Here are some detailed explanations for each sub-function in the code above:

  • CreateConnection() function creates a new mtcp socket, sets the socket as non-blocking, connects to the target web server, and adds the socket to the epoll event queue.

    sockid = mtcp_socket(mctx, AF_INET, SOCK_STREAM, 0);
    mtcp_setsock_nonblock(mctx, sockid);
    mtcp_connect(mctx, sockid, &addr, sizeof(struct sockaddr_in));
    mtcp_epoll_ctl(mctx, ctx->ep, MOS_EPOLL_CTL_ADD, sockid, &ev);
  • SendHTTPRequest() function creates an outgoing HTTP request header, and opens a file to store the response data.

    snprintf(request, HTTP_HEADER_LEN, "GET %s HTTP/1.0\r\n", ...);
    len = strlen(request);
    wr = mtcp_write(ctx->mctx, sockid, request, len);
    wv->fd = open(fname, O_WRONLY | O_CREAT | O_TRUNC, 0644);
  • HandleReadEvent() function consists of reading the payload from the socket, and storing the data to the file.

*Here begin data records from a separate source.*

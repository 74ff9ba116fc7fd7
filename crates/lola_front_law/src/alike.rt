//! The laws, about definitions alone.

ghost use Rattle.lola_front_law.specs.Meaning.{EntriesAreSame, ModelsAreSame, OutcomesAreSame, StoresAreSame, VerdictsAreSame};

/// Expressions that differ in addresses alone have the same outcome, whatever they see and whatever the parameters are. So it is under
/// specifications that differ in addresses alone.
pub fn outcomes_are_same()
    ensures { OutcomesAreSame }
{}

/// Of plans that differ in addresses alone, the streams have the same names, places, sorts, messages, kinds and parameters, and an
/// entry of a journal that a line of the trace of the one can tell, a line of the trace of the other can tell.
pub fn entries_are_same()
    ensures { EntriesAreSame }
{}

/// For plans that differ in addresses alone a store has the same layout, and after each table it stands for the same content: the same
/// instances live, with the same values.
pub fn stores_are_same()
    ensures { StoresAreSame }
{}

/// Of plans that differ in addresses alone, the models are the same: after each table the same step comes next, a table solves the
/// equations of the one exactly where it solves those of the other, over each list of steps and over each journal, and the same
/// table is made, with the same instances and outcomes.
pub fn models_are_same()
    ensures { ModelsAreSame }
{}

/// Of plans that differ in addresses alone, the same verdict lines are written of each journal, whatever is shown, up to its last row
/// and of its whole; and the same fault is told, of the same stream, of the same kind and at the same time.
pub fn verdicts_are_same()
    ensures { VerdictsAreSame }
{}
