// A snapshot that goes on from the state of this name.
fn snapshot_behind<R: Threads + Sync, F: Shelf, G: Gate + Sync>(
    rt: &R,
    alloc: Global,
    hasher: RandomState,
    specification: ReadSpecification,
    words: &[String],
    command: &SnapshotCommand,
    place: NamePlace,
    shelf: &mut F,
    gate: &G,
) -> CallEnd
    requires out { (F.state shelf.old).out ≡ 0 }
    requires is_snapshot { command_of (map string_bytes words.now) ≡ Some (Command.Snapshot command.now) }
    requires sources { (1 ≤ length command.now.sources) × (length command.now.sources ≤ 64) }
    requires state { command.now.state ≡ Some place }
    requires accepted { IsAccepted specification.plan }
    requires texts { list_all is_utf8 specification.plan.spec.texts ≡ true }
    ensures works { WorksOver result specification.bytes.items specification.plan (snapshot_with (map string_bytes words.now) command.now) (F.state shelf.old) (F.state shelf.new) }
    ensures cause { CausesOver result specification.bytes.items specification.plan (snapshot_with (map string_bytes words.now) command.now) (F.state shelf.old) (F.state shelf.new) }
    ensures asked { Grew (name_at (map string_bytes words.now) place ∷ names_at (map string_bytes words.now) command.now.sources) (F.state shelf.old) (F.state shelf.new) }
{
    let ReadSpecification { bytes, plan } = specification;
    let name = named(words, place);
    let resumed = match run_of_state(alloc, hasher, &bytes, plan, name, Show::Triggers, 1, shelf) {
        Ok(resumed) => resumed,
        Err(end) => return without_engine(end),
    };
    run_named(
        rt,
        alloc,
        &bytes,
        resumed.run,
        resumed.start,
        words,
        command.sources.as_slice(),
        shelf,
        gate,
    )
}

/// Reads a specification and, where one is named, a state of it, runs the rows of the sources in turns by one worker, and leaves the
/// deadlines at the last stamp to whoever goes on from there. Verdicts and a trace are not made. Its report is the state's text.
pub fn snapshot<R: Threads + Sync, F: Shelf, G: Gate + Sync>(
    rt: &R,
    alloc: Global,
    hasher: RandomState,
    words: &[String],
    command: &SnapshotCommand,
    shelf: &mut F,
    gate: &G,
) -> CallEnd
    requires out { (F.state shelf.old).out ≡ 0 }
    requires is_snapshot { command_of (map string_bytes words.now) ≡ Some (Command.Snapshot command.now) }
    requires bounds { IsSnapshotInBounds command.now }
    ensures works { (out trace : SinkState) → WorksSnapshot result (snapshot_with (map string_bytes words.now) command.now)
        (outside (F.state shelf.old) out trace) (outside (F.state shelf.new) out trace) }
    ensures cause { (out trace : SinkState) → Causes result (inputs_of (snapshot_with (map string_bytes words.now) command.now))
        (outside (F.state shelf.old) out trace) (outside (F.state shelf.new) out trace) }
    ensures asked { Asked (names_asked (map string_bytes words.now)) (F.state shelf.old) (F.state shelf.new) }
{
    let name = word_at(words, command.specification);
    let specification = match read_specification(alloc, shelf, name) {
        Ok(specification) => specification,
        Err(end) => return without_plan(end),
    };
    match command.state {
        None => snapshot_anew(
            rt,
            alloc,
            hasher,
            specification,
            words,
            command,
            shelf,
            gate,
        ),
        Some(place) => snapshot_behind(
            rt,
            alloc,
            hasher,
            specification,
            words,
            command,
            place,
            shelf,
            gate,
        ),
    }
}
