//! The law, about definitions alone.

ghost use Rattle.lola_front_law.specs.PlanTexts.{AreInUtf8};

/// The text literals of a plan are in UTF-8, whatever text it was compiled from: each stands in a token of the text, whose bytes are
/// in UTF-8, and an escape stands for one byte of ASCII.
pub fn plan_texts_are_utf8()
    ensures { AreInUtf8 }
{}
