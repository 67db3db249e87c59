// A count of worked cases, for the programs that run tables of them.

#![tactic(auto)]

ghost use Rattle.std.specs.Prelude.{Some};
ghost use Rattle.tally.specs.Counts.{Counted, tally_text};

use std::fmt;

// How many cases were run, and how many of them came out otherwise than worked out.
#[derive(Clone, Copy, Debug, Default, PartialEq, Eq)]
pub struct Tally {
    pub cases: u32,
    pub differ: u32,
}

impl Tally {
    // Counts one more case.
    pub fn count(&mut self, same: bool)
        ensures { Counted same self.old self.new }
    {
        self.cases = self.cases.saturating_add(1);
        if !same {
            self.differ = self.differ.saturating_add(1);
        }
    }
}

impl fmt::Display for Tally {
    ghost output = { λ t. Some (tally_text t) };

    fn fmt<W: fmt::Write>(&self, f: &mut fmt::Formatter<W>) -> fmt::Result {
        let Tally { cases, differ } = *self;
        write!(f, "{cases} cases, {differ} differ")
    }
}
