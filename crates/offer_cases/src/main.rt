// Reads a list of jobs from standard input, each after its length, and prints for each what the program `offers` prints,
// with the charmap index of each offer: under reading 0, and then under reading 1.
//
// The files `stdin` and `stdout` of this crate are what `cargo run --release -- jobs --out DIR` writes in
// `rust/reference`: the list, and the offers of the original sources for it; refusals are those of `rust/plain`, which
// are compared with the original's where it has any. `rust/README.md` says what both hold, in "The list of jobs".
#![tactic(auto)]

ghost use Rattle.std.specs.Prelude.{◌^◌, ◌<◌, ◌≤◌, IfOk};

use font::tables;
use output::lines;
use std::io;
use std::io::Read;

// The lines of the job that the bytes start with. Answers how many bytes it takes, with its length.
fn print_case(rt: &impl Print, list: &[u8]) -> io::Result<usize>
    ensures { IfOk result (λ n. (4 ≤ n) × (n < 2 ^ 33)) }
{
    let end = 4 + tables::u32_at(list, 0) as usize;
    if end <= list.len() {
        let job = &list[4..end];
        for reading in [0, 1] {
            let _ = lines::print_job(rt, job, reading, true)?;
        }
    }
    Ok(end)
}

// The position goes on by what each job takes. `match_cases` has the same loop and `main`: shared, they would take a closure that
// prints, and be no shorter.
fn print_list(rt: &impl Print, list: &[u8]) -> io::Result<()> {
    let mut at: usize = 0;
    while at < list.len() {
        at += print_case(rt, &list[at..])?;
    }
    Ok(())
}

// A list has at most 600,000 bytes: what lies past them is not read.
fn main(rt: HostRuntime) -> io::Result<()> {
    let mut list = Vec::new(rt.alloc());
    rt.reader().take(600000).read_to_end(&mut list)?;
    print_list(&rt, &list)
}
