// What every layer cites: choices, integers, lists and tables, all of them definitions and laws, and nothing about
// radio. Beside them the one type that layers share, the size of a signed number, which text is made of, whether a
// number lies in a range, and a number of two bytes.
#![tactic(auto)]

ghost use Rattle.std.specs.Prelude.{◌≡◌, Some, nat_abs};
ghost use Rattle.ground.specs.Bytes.{pair_of};
ghost use Rattle.ground.specs.Integers.{within};
ghost use Rattle.ground.specs.Refused.{refusal_text};

use std::fmt;

// A refusal: its number, and its place.
#[derive(Clone, Copy, Debug, PartialEq, Eq)]
pub struct Refusal {
    pub number: u8,
    pub place: usize,
}

impl fmt::Display for Refusal {
    ghost output = { λ r. Some (refusal_text r) };

    fn fmt<W: fmt::Write>(&self, f: &mut fmt::Formatter<W>) -> fmt::Result {
        write!(f, "refused {} at {}", self.number, self.place)
    }
}

// A number without its sign.
pub fn magnitude(n: i32) -> u32
    ensures { result ≡ nat_abs n }
{
    n.unsigned_abs()
}

// Whether a number lies in a range.
pub fn between(x: i32, least: i32, most: i32) -> bool
    ensures { result ≡ within least most x }
{
    (least..=most).contains(&x)
}

// A little-endian number of two bytes.
pub fn pair(low: u8, high: u8) -> u16
    ensures { result ≡ pair_of low high }
{
    u16::from_le_bytes([low, high])
}
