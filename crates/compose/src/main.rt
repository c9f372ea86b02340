// A job's text on standard input, the job's bytes on standard output. All that matters is in the library; this reads,
// composes and writes. What stopped it stands on standard error, with nothing on standard output; where it could not
// read or write, it ends with the error.
#![tactic(auto)]

use std::io;

// A byte more than a text may have is read, so that a longer one is seen to be too long. A text of which some could not
// be read is no text: nothing is written.
// DECISIONS: program-reads-one-more, program-read-fails
fn main(rt: HostRuntime) -> io::Result<()> {
    let mut space = room();
    match reading::read_input(&mut rt.stdin(), &mut space) {
        Ok(n) => compose(&rt, &space[..n]),
        Err(e) => {
            eprintln!(rt; "compose: the text could not be read")?;
            Err(e)
        }
    }
}

// The room for a text. It is a function of its own because the prover cannot count so many bytes where they are used.
fn room() -> [u8; constants::TEXT_MOST + 1] {
    [0u8; constants::TEXT_MOST + 1]
}

fn compose(rt: &(impl Print + Eprint), text: &[u8]) -> io::Result<()> {
    let mut file = [0u8; constants::FILE_MOST];
    match compose_text::compose(text, &mut file) {
        Ok(size) => write_start(rt, &file, size),
        Err(error) => eprintln!(rt; "{error}"),
    }
}

// Writes the first bytes of a buffer. No file has more bytes than its buffer.
fn write_start(rt: &(impl Print + Eprint), file: &[u8], size: usize) -> io::Result<()> {
    if file.len() < size {
        return Err(io::Error::other("a file is longer than its room"));
    }
    let written = rt.write_all(&file[..size]);
    if written.is_err() {
        eprintln!(rt; "compose: the job could not be written to its end")?;
    }
    written
}
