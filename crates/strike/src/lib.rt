// Demand 3 over any machine that keeps certain laws: what happens in a seat depends on that seat's own calls alone, and a take-back leaves no
// trace. This crate has no code. The machine and its laws stand in `specs/Machine.antt`, the demand in `specs/Strike.antt`, its proof in
// `proofs/Struck.antt`; the calls of the centre supply the laws.
#![tactic(auto)]
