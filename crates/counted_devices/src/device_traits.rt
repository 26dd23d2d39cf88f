//! Devices with the count of their failures.
ghost use Rattle.std.specs.Prelude.{ℕ, Bool, ◌≡◌, ◌≤◌, ◌^◌, false, is_ok};
ghost use Rattle.std.specs.Io.{ReadsAtMost, WritesAtMost};
ghost use Rattle.std.specs.Io.KnownBytes.{ReadConsumes, WriteAppends, Keeps};
ghost use Rattle.counted_devices.specs.Counts.{CountsBytes, CountsErrors, CountsWrite};

use std::io::{Read, Result, Write};

/// A device that counts: the errors that it answered, up to 2^64 - 1, and the bytes that it gave.
pub trait Counted {
    ghost failures: { Self → ℕ };

    ghost given: { Self → ℕ };

    /// How many errors were answered.
    fn failures(&self) -> u64
        ensures { result ≡ failures self.now };

    /// How many bytes were read.
    fn given(&self) -> u64
        ensures given { result ≡ given self.now }
        ensures most { result ≤ 2 ^ 62 };

    ghost most_given: { (device : Self) → given device ≤ 2 ^ 62 };
}

/// A reader that counts. It gives at most 2^62 bytes, and then only errors.
pub trait CountedRead: Read + Counted {
    /// Reads at most as many bytes as the block has room for. Each error is counted, also that of
    /// a reader that gave all the bytes that it may.
    fn read_counted(&mut self, block: &mut [u8]) -> Result<usize>
        ensures bound { ReadsAtMost result block.new }
        ensures bytes { ReadConsumes (Self.remaining self.old)
            (Self.remaining self.new) result block.new }
        ensures given { CountsBytes Self.given self.old self.new result }
        ensures counted { CountsErrors Self.failures self.old self.new result };
}

/// A writer that counts. It may hold back what it takes until it is flushed: it is flushed if the last
/// call of it was a flush that succeeded.
pub trait CountedWrite: Write + Counted {
    ghost is_flushed: { Self → Bool };

    /// Writes some of the text. Each error is counted, and so is a write that takes nothing of a
    /// text that isn't empty. What is taken isn't passed on yet: the writer isn't flushed.
    fn write_counted(&mut self, text: &[u8]) -> Result<usize>
        ensures bound { WritesAtMost result text.now }
        ensures bytes { WriteAppends (Self.contents self.old)
            (Self.contents self.new) result text.now }
        ensures given { Self.given self.new ≡ Self.given self.old }
        ensures held { is_flushed self.new ≡ false }
        ensures counted { CountsWrite Self.failures self.old self.new text.now result };

    /// Passes on what was written, and counts an error. The writer is flushed if it succeeds.
    fn flush_counted(&mut self) -> Result<()>
        ensures bytes { Keeps (Self.contents self.old) (Self.contents self.new) }
        ensures given { Self.given self.new ≡ Self.given self.old }
        ensures passed_on { is_flushed self.new ≡ is_ok result }
        ensures counted { CountsErrors Self.failures self.old self.new result };
}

    rd = mtcp_read(mctx, sockid, buf, BUF_SIZE);
    /* parse the http header */
    if (writable) {
           /* store the data to the file */
           write(wv->fd, pbuf + wr, rd - wr);

(4) Multi-process Version (DPDK-only)

You can also run epwget in multi-process (single-threaded) mode. This mode will only work with Intel DPDK driver. You can find epwget-mp placed in the same directory where epwget lies. The overall design of epwget-mp is similar to epwget (only pthreads are absent). One can run epwget-mp on a 4-core machine using the following script:

./epwget-mp -f config/mos-master.conf -c 0 &
sleep 5
for i in {1..3}
./epwget-mp -f config/mos-slave.conf -c $i &

The -c switch is used to bind the process to a specific CPU core. Under DPDK settings, the master process (core 0 in the example above) is responsible for initializing the underlying DPDK-specific NIC resources one time. The slave processes (cores 1-3) share those initialized resources with the master process. The master process relies on the mos-master.conf file for configuration. It has only 1 new keyword: multiprocess = 0 master; where 0 stands for the CPU core id. The mos-slave.conf configuration file has an additional line: multiprocess = slave; which (as the line suggests) sets the process as a DPDK secondary (slave) instance. We employ a mandatory wait between the execution of the master and the slave processes. This is needed to avoid potential race conditions between the shared resources that are updated between them.